UPDATE dag_run_nodes
SET pending_parents = pending_parents - 1,
status = CASE WHEN pending_parents - 1 = 0 THEN 'READY' ELSE status END
WHERE dag_run_id = $1 AND node_id = $2
RETURNING pending_parents, status;When the returned pending_parents = 0, the node is ready. Create the job and dispatch.
Why the counter is race-free. The decrement is a single atomic UPDATE … RETURNING. Two parent completions landing at the same instant still serialize on the row lock. Only the completion that transitions the counter from 1 to 0 sees pending_parents = 0 in its return, so only that caller dispatches the downstream node. No explicit coordination needed.
func onCompleted(dagRunID, nodeID, status string) {
for _, edge := range dagCache.Downstream(dagID, nodeID) {
if !conditionMet(edge.Condition, status) {
markSkipped(dagRunID, edge.ToNodeID); continue
}
remaining := db.QueryRow(decrementSQL, dagRunID, edge.ToNodeID)
if remaining == 0 {
createAndDispatch(dagRunID, edge.ToNodeID)
}
}
checkDagCompletion(dagRunID)
}A COUNT(*) JOIN across dag_edges and dag_run_nodes would be 500K joined queries/second at 100K concurrent × 5 edges avg. The denormalized counter is one indexed UPDATE … RETURNING per edge, orders of magnitude cheaper. The atomic decrement also removes the read-modify-write race.
Edge conditions:
| Condition | Upstream OK | Upstream Failed |
|---|---|---|
on_success | run | skip |
on_failure | skip | run |
always | run | run |
DAG structure cached in memory. 50K DAGs × avg 5 edges = 250K entries, ~20 MB. Invalidated on /dags write (rare). For very large DAGs (>1K nodes), the cache holds an LRU window; cold DAGs reload from dag_edges on demand.
Cancellation and failure propagation. If a node ends in CANCELLED or FAILED, downstream nodes are evaluated against their edge conditions (on_success skips, on_failure runs, always runs). A skipped node still decrements its own children's pending_parents so the DAG run can terminate cleanly instead of hanging on a node that will never complete.
14. Cron Parsing & Clock Skew
Parse once at schedule creation, store next_fire_time. Don't parse on every tick.

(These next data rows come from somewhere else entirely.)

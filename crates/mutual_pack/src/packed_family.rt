/// A packed family by its numbers: that of its tag family, which the packed family and the members follow; how many parameters, members
/// and constructors there are; and the level.
#[derive(Clone, Copy)]
pub struct PackedFamily {
    pub tag: u32,
    pub params: u32,
    pub members: u32,
    pub constructors: u32,
    pub level: u8,
}
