/// The members of a declaration: the constant that stands for the first of them, which the others follow; how many there are; and how many
/// parameters they have.
#[derive(Clone, Copy)]
pub struct Members {
    pub first: u32,
    pub count: u32,
    pub params: u32,
}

schedule, _ := cron.NewParser(
cron.SecondOptional|cron.Minute|cron.Hour|cron.Dom|cron.Month|cron.Dow,
).Parse(expr)
next := schedule.Next(afterTime.In(tz)).UTC()Recompute next_fire_time before dispatch, not after. The recurring-job loop:
1. Read due row from Valkey
2. Compute next_fire_time from cron expression
3. UPDATE schedules SET next_fire_time = $next
Valkey ZADD schedules:due <next> <id>
4. Produce current instance to Kafka
5. Commit
Computing and persisting the next fire time before producing to Kafka means a crash between step 4 and step 5 leaves the schedule already advanced, so the standby re-reads from Valkey and continues. The other order (produce first, recompute after) loses the schedule on crash. Workers never touch cron.
Overlapping runs of a recurring job. If a cron fires while the previous run of the same schedule is still RUNNING, the new run is a separate job with its own job_id. The scheduler does not wait for the previous run to finish. Clients that need mutual exclusion must set an idempotency_key scoped to the fire window (for example the ISO hour).
Valkey sorted set as the due-index. ZRANGEBYSCORE schedules:due -inf NOW LIMIT 1000 returns due schedules in O(log N + M). At 1M entries that's a few ms per tick. The LIMIT 1000 is also the batch dispatch size: up to 1000 due jobs per tick, not one at a time.
DST. The cron library handles spring-forward (2:30 AM doesn't exist → returns 3:00 AM) and fall-back (2:30 AM happens twice → first occurrence). Test cases in Appendix B.
Clock skew. Only the leader evaluates NOW(). The leader runs chrony with makestep 1.0 3 and alerts on drift >50 ms. Cross-region time uses AWS Time Sync (stratum-1 per region).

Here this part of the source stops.